Metastasis, the spread of cancer cells from the primary tumour to a secondary site, requires biochemical and physical changes in cellular behaviour that are influenced by the tumour microenvironment. In pancreatic ductal adenocarcinoma (PDAC), excessive deposition of extracellular matrix proteins leading to increased stiffness characteristically occurs with cancer development, and the fibrotic stroma produced promotes tumourigenesis. Many cellular behaviours, for example the epithelial-mesenchymal transition (EMT), chemoresistance and invasiveness, are associated with increased levels of metastasis. Furthermore, cell mechanics and physical processes such as force generation and mechanosensing are linked to invasion, and inhibition of these processes is an important therapeutic avenue of research.
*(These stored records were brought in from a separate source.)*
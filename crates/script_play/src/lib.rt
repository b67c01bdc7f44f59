//! A script that is played: its lines are taken by a world, and what happens is written at once.
//!
//! `specs/Playing.antt` says what it is to play a script, over the run that `ar_world` defines, and `Counts` what is counted
//! of it. `Played` says what is answered where an input is played, and what a program that plays its input takes and writes,
//! over any run. A check of owners that tells nothing of itself may say anything: what is played is then the run of some
//! answers.
//!
//! The types and words of a world that stand here in contracts are passed on: `World`, `Cause` and others, and in `specs/Lib.antt`
//! the definitions of `ar_world` and `ar_nodes`.
//!
//! `play` plays a script whole. A `Stage` takes it line by line, for whoever has lines of its own beside those of a world.
//!
//! Its tests: `examples/`, `tools/fail-each-call`, and those of the program `arpki`.
#![tactic(auto)]

pub use ar_world::{Cause, LogEvent, World, WorldFault};
pub use counts::Counts;
pub use lines::read_line;
pub use played::Played;
pub use playing::play;
pub use refusing::{refusal_line, tell_refusal, tell_too_long};
pub use stage::Stage;
pub use telling::{tell, tell_made};

mod counts;
mod flushing;
mod lines;
mod played;
mod playing;
mod refusing;
mod stage;
mod telling;
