use crate::changes::{chain, one_comes_again};
use crate::shown::{Shown, confirmation, directory, link};
use ar_cert::Change;
use ar_names::Name;
use cert_policy::PolicyRefusal;
use client_memory::{AddFault, PinBook, Pinned};
use party_keys::Directory;
use std::alloc::Global;
use std::test::Fail;

/// The answer in epoch 6, to a confirmation that may be 4 epochs old, with these links.
fn judged(
    alloc: Global,
    directory: &Directory,
    book: &mut PinBook,
    shown: Shown,
    links: &[Change],
) -> Result<Pinned, Fail> {
    let bytes = confirmation(alloc, shown)?;
    let name: &[u8] = match shown {
        Shown::Other => b"b.example",
        _ => b"a.example",
    };
    Ok(book.judge(alloc, directory, name, &bytes, links, 6, 4)?)
}

/// What a client trusts, and the change that leads from the first certificate of a.example to its second one.
#[derive(Debug, Drop)]
struct Trust {
    directory: Directory,
    link: [Change; 1],
}

/// What it is in each test.
fn given(alloc: Global) -> Result<Trust, Fail> {
    let link = [link(alloc)?];
    let directory = directory(alloc)?;
    Ok(Trust { directory, link })
}

/// The answers to the first certificate of a.example, to that of b.example, and to the second one of a.example with
/// its link.
fn answers(alloc: Global, given: &Trust, book: &mut PinBook) -> Result<[Pinned; 3], Fail> {
    let directory = &given.directory;
    let first = judged(alloc, directory, book, Shown::First, &[])?;
    let other = judged(alloc, directory, book, Shown::Other, &[])?;
    let second = judged(alloc, directory, book, Shown::Second, &given.link)?;
    Ok([first, other, second])
}

/// The answers to the second certificate of a.example, to that of b.example, and to the first one of a.example, each without
/// a link.
fn answers_later(alloc: Global, given: &Trust, book: &mut PinBook) -> Result<[Pinned; 3], Fail> {
    let directory = &given.directory;
    let second = judged(alloc, directory, book, Shown::Second, &[])?;
    let other = judged(alloc, directory, book, Shown::Other, &[])?;
    let first = judged(alloc, directory, book, Shown::First, &[])?;
    Ok([second, other, first])
}

/// Adds changes of a name. The answer is that of the book.
fn added(
    alloc: Global,
    book: &mut PinBook,
    name: &[u8],
    changes: Vec<Change>,
) -> Result<Result<(), AddFault>, Fail> {
    match Name::read(alloc, name) {
        Ok(name) => Ok(book.add(alloc, name, changes)),
        Err(_) => Err("no name".into()),
    }
}

/// The texts of what is kept of a name, one behind the other, and how many they are.
fn stored(alloc: Global, book: &PinBook, name: &[u8]) -> Result<(usize, Vec<u8>), Fail> {
    let mut text = Vec::new(alloc);
    let Some(changes) = book.chain(name) else {
        return Ok((0, text));
    };
    for change in changes {
        change.write(alloc, &mut text)?;
    }
    Ok((changes.len(), text))
}

/// What a client answers with a new book, before it has the link and with it.
fn answered_by(alloc: Global, given: &Trust, book: &mut PinBook) -> Result<[Pinned; 7], Fail> {
    let first = judged(alloc, &given.directory, book, Shown::First, &[])?;
    let [second, other, again] = answers_later(alloc, given, book)?;
    let [same, still, moved] = answers(alloc, given, book)?;
    Ok([first, second, other, again, same, still, moved])
}

/// The same, of a client of its own.
fn answered(alloc: Global) -> Result<[Pinned; 7], Fail> {
    let given = given(alloc)?;
    let mut book = PinBook::new(alloc);
    answered_by(alloc, &given, &mut book)
}

#[test]
fn a_client_answers_by_what_it_keeps(rt: HostRuntime) -> Result<(), Fail> {
    let found = answered(rt.alloc())?;
    let expected = [
        Pinned::First,
        Pinned::NoLinks,
        Pinned::First,
        Pinned::Same,
        Pinned::Same,
        Pinned::Same,
        Pinned::Moved(1),
    ];
    assert_eq!(rt; found, expected);
    Ok(())
}

/// The answers with a book that keeps so many changes of another name already.
fn answers_behind(
    alloc: Global,
    given: &Trust,
    book: &mut PinBook,
    kept: u64,
) -> Result<[Pinned; 3], Fail> {
    let changes = chain(alloc, kept)?;
    match added(alloc, book, b"c.example", changes)? {
        Ok(()) => answers(alloc, given, book),
        Err(_) => Err("not added".into()),
    }
}

/// The same, of a client of its own.
fn answered_behind(alloc: Global, kept: u64) -> Result<[Pinned; 3], Fail> {
    let given = given(alloc)?;
    let mut book = PinBook::new(alloc);
    answers_behind(alloc, &given, &mut book, kept)
}

#[test]
fn no_more_than_4096_changes_are_kept(rt: HostRuntime) -> Result<(), Fail> {
    for (kept, expected) in [
        (4095, [Pinned::First, Pinned::Full, Pinned::Full]),
        (4094, [Pinned::First, Pinned::First, Pinned::Full]),
        (4093, [Pinned::First, Pinned::First, Pinned::Moved(1)]),
    ] {
        let found = answered_behind(rt.alloc(), kept)?;
        assert_eq!(rt; found, expected, "{kept}");
    }
    Ok(())
}

/// How many changes are kept of each name, and what is answered behind them.
#[derive(Clone, Copy, Debug, PartialEq, Eq)]
struct Seen {
    kept: [usize; 2],
    answers: [Pinned; 3],
}

/// How many changes are kept of a.example and of b.example.
fn kept(alloc: Global, book: &PinBook) -> Result<[usize; 2], Fail> {
    let first = stored(alloc, book, b"a.example")?.0;
    let other = stored(alloc, book, b"b.example")?.0;
    Ok([first, other])
}

/// What is seen of a book from which a name is taken out that was pinned.
fn forgotten_by(
    alloc: Global,
    given: &Trust,
    book: &mut PinBook,
    name: &[u8],
) -> Result<Seen, Fail> {
    answers(alloc, given, book)?;
    book.forget(name);
    let kept = kept(alloc, book)?;
    let answers = answers(alloc, given, book)?;
    Ok(Seen { kept, answers })
}

/// The same, of a client of its own.
fn forgotten(alloc: Global, name: &[u8]) -> Result<Seen, Fail> {
    let given = given(alloc)?;
    let mut book = PinBook::new(alloc);
    forgotten_by(alloc, &given, &mut book, name)
}

#[test]
fn one_name_is_forgotten(rt: HostRuntime) -> Result<(), Fail> {
    let (first, same) = (Pinned::First, Pinned::Same);
    for (name, kept, answers) in [
        (b"a.example", [0, 1], [first, same, Pinned::Moved(1)]),
        (b"b.example", [2, 0], [Pinned::NoLinks, first, same]),
        (b"c.example", [2, 1], [Pinned::NoLinks, same, same]),
    ] {
        let found = forgotten(rt.alloc(), name)?;
        assert_eq!(rt; found, Seen { kept, answers });
    }
    Ok(())
}

/// The change that is read from what is written of another one.
fn stored_again(alloc: Global, change: &Change) -> Result<Change, Fail> {
    let mut text = Vec::new(alloc);
    change.write(alloc, &mut text)?;
    match Change::read(alloc, &text) {
        Ok(change) => Ok(change),
        Err(_) => Err("no change".into()),
    }
}

/// What is read from all that is stored of a name.
fn stored_chain(alloc: Global, book: &PinBook, name: &[u8]) -> Result<Vec<Change>, Fail> {
    let mut changes = Vec::new(alloc);
    for change in book.chain(name).unwrap_or(&[]) {
        changes.push(stored_again(alloc, change)?)?;
    }
    Ok(changes)
}

/// Adds what is stored of a name in another book.
fn load(alloc: Global, from: &PinBook, to: &mut PinBook, name: &[u8]) -> Result<(), Fail> {
    let changes = stored_chain(alloc, from, name)?;
    match added(alloc, to, name, changes)? {
        Ok(()) => Ok(()),
        Err(_) => Err("not added".into()),
    }
}

/// Whether two books keep the same of a name, text by text.
fn is_same(alloc: Global, one: &PinBook, other: &PinBook, name: &[u8]) -> Result<bool, Fail> {
    Ok(stored(alloc, one, name)? == stored(alloc, other, name)?)
}

/// Whether a book that is loaded from another one keeps the same, and what it answers then.
fn loaded_by(
    alloc: Global,
    given: &Trust,
    book: &mut PinBook,
    again: &mut PinBook,
) -> Result<(bool, [Pinned; 3]), Fail> {
    answers(alloc, given, book)?;
    load(alloc, book, again, b"b.example")?;
    load(alloc, book, again, b"a.example")?;
    let first = is_same(alloc, book, again, b"a.example")?;
    let other = is_same(alloc, book, again, b"b.example")?;
    Ok((first && other, answers_later(alloc, given, again)?))
}

/// The same, of clients of their own.
fn loaded(alloc: Global) -> Result<(bool, [Pinned; 3]), Fail> {
    let given = given(alloc)?;
    let mut book = PinBook::new(alloc);
    let mut again = PinBook::new(alloc);
    loaded_by(alloc, &given, &mut book, &mut again)
}

#[test]
fn what_was_stored_is_loaded_again(rt: HostRuntime) -> Result<(), Fail> {
    let found = loaded(rt.alloc())?;
    assert_eq!(rt;
        found,
        (true, [Pinned::Same, Pinned::Same, Pinned::NoLinks])
    );
    Ok(())
}

/// The answers to changes of c.example and of d.example, of which a book takes those of the fourth call.
fn added_by(alloc: Global, book: &mut PinBook) -> Result<[Result<(), AddFault>; 6], Fail> {
    Ok([
        added(alloc, book, b"c.example", one_comes_again(alloc)?)?,
        added(alloc, book, b"c.example", chain(alloc, 4097)?)?,
        added(alloc, book, b"c.example", chain(alloc, 0)?)?,
        added(alloc, book, b"c.example", chain(alloc, 4096)?)?,
        added(alloc, book, b"c.example", chain(alloc, 4097)?)?,
        added(alloc, book, b"d.example", chain(alloc, 1)?)?,
    ])
}

/// The same, of a book of its own.
fn all_added(alloc: Global) -> Result<[Result<(), AddFault>; 6], Fail> {
    let mut book = PinBook::new(alloc);
    added_by(alloc, &mut book)
}

#[test]
fn what_is_no_chain_is_not_added(rt: HostRuntime) -> Result<(), Fail> {
    let found = all_added(rt.alloc())?;
    let expected = [
        Err(AddFault::Link(1, PolicyRefusal::Serial)),
        Err(AddFault::Full),
        Err(AddFault::Empty),
        Ok(()),
        Err(AddFault::Pinned),
        Err(AddFault::Full),
    ];
    assert_eq!(rt; found, expected);
    Ok(())
}
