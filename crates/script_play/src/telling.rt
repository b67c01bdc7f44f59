//! What happens is written, a line for each happening.

ghost use Rattle.std.specs.Prelude.{◌≡◌, Err, OnOk};
ghost use Rattle.report_text.specs.Lines.{line_of};
ghost use Rattle.ar_world.specs.ar_nodes.declared.fault.WorldFault.{WorldFault};
ghost use Rattle.ar_world.specs.Finding.{Effect};
ghost use Rattle.ar_world.specs.Run.{progress_of};
ghost use Rattle.ar_world.specs.State.{World as Worlds};
ghost use Rattle.ar_world.specs.Step.{StepsBy};
ghost use Rattle.script_play.specs.Counts.{counted_from};
ghost use Rattle.script_play.specs.Playing.{PlaysPart, WritesUpTo, refused_by, told};

use crate::counts::Counts;
use ar_base::Items;
use ar_io::Sink;
use ar_run::{Fault, write_line};
use ar_world::{Cause, WorldFault};
use report_text::{Happening, print};
use std::alloc::Global;

/// Writes a line as one piece.
#[tactic(auto, using(crate::proofs::Written::written_laws))]
pub(crate) fn tell_line<K: Sink>(sink: &mut K, line: &[u8]) -> Result<(), Fault>
    ensures { WritesUpTo K.faults K.wrote sink.old sink.new line.now result }
{
    write_line(sink, line)
}

/// Writes the line of a happening as one piece.
#[tactic(auto, using(crate::proofs::Written::written_laws))]
fn tell_one<K: Sink>(alloc: Global, sink: &mut K, happening: &Happening) -> Result<(), Fault>
    ensures { WritesUpTo K.faults K.wrote sink.old sink.new (line_of happening.now) result }
{
    let mut line = Vec::new(alloc);
    print(alloc, happening, &mut line)?;
    tell_line(sink, &line)
}

/// Writes the lines of what happens, each as one piece, and counts the judgements. Memory that runs out, and a write that
/// fails, end it behind some of the lines.
#[tactic(auto, using(crate::proofs::Written::written_laws))]
pub fn tell<K: Sink>(
    alloc: Global,
    sink: &mut K,
    counts: &mut Counts,
    said: &[Happening],
) -> Result<(), Fault>
    ensures written { WritesUpTo K.faults K.wrote sink.old sink.new (told said.now) result }
    ensures counted { OnOk result (counts.new ≡ counted_from counts.old said.now) }
{
    for happening in said {
        tell_one(alloc, sink, happening)?;
        counts.count(happening);
    }
    Ok(())
}

/// Why a world does not take what it is told; want of memory is none of its refusals.
fn refused_by(fault: WorldFault) -> Result<Option<Cause>, Fault>
    ensures { result ≡ refused_by fault }
{
    match fault {
        WorldFault::Memory => Err(Fault::Memory),
        _ => Ok(Some(Cause::Untaken(fault))),
    }
}

/// Writes what a call made happen in a world, and answers why the world did not take it, where it did not.
#[tactic(auto, using(crate::proofs::Parts::made_laws))]
pub fn tell_made<K: Sink>(
    alloc: Global,
    sink: &mut K,
    counts: &mut Counts,
    made: Result<Items<Happening>, WorldFault>,
) -> Result<Option<Cause>, Fault>
    ensures plays { (old new : Worlds) (effect : Effect) → StepsBy made old new effect
        → PlaysPart K.faults K.wrote sink.old sink.new (record { world = old; counts = counts.old })
        (record { world = new; counts = counts.new }) (progress_of old effect) result }
    ensures refused { (why : WorldFault) → made ≡ Err why → result ≡ refused_by why }
{
    match made {
        Ok(said) => match tell(alloc, sink, counts, said.as_slice()) {
            Ok(()) => Ok(None),
            Err(fault) => Err(fault),
        },
        Err(fault) => refused_by(fault),
    }
}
In this work, we describe how extracellular matrix stiffness can promote EMT and chemoresistance to paclitaxel in pancreatic cancer cells. We analysed the rigidity of mouse pancreatic tissue, both healthy and PDAC, and then cultured multiple pancreatic cancer cell lines on gels of tunable rigidity to recapitulate the various stiffness values observed. We then used immunofluorescence and cell viability assays to determine the role of rigidity on EMT and chemoresistance.
We target cell mechanics in pancreatic cancer cells and demonstrate that the G protein-coupled estrogen receptor (GPER) influences pancreatic cancer cell mechanics to reduce invasion, cell contractility, mechanosensing, stiffness, and EMT. We find that GPER is downregulated in cancer patients and that its activation by a specific agonist, as well as the breast cancer drug tamoxifen, affects pancreatic cell mechanics and reduces invasion through a physiologically relevant basement membrane mimic. Cell mechanics in prostate cancer cells are similarly affected by GPER activation, indicating the wide-ranging potential of GPER as a therapeutic target.
These results demonstrate the importance of cell mechanics and the metastatic processes of EMT, chemoresistance, and invasion, and how the targeting of these by GPER activation may offer a potential therapeutic route.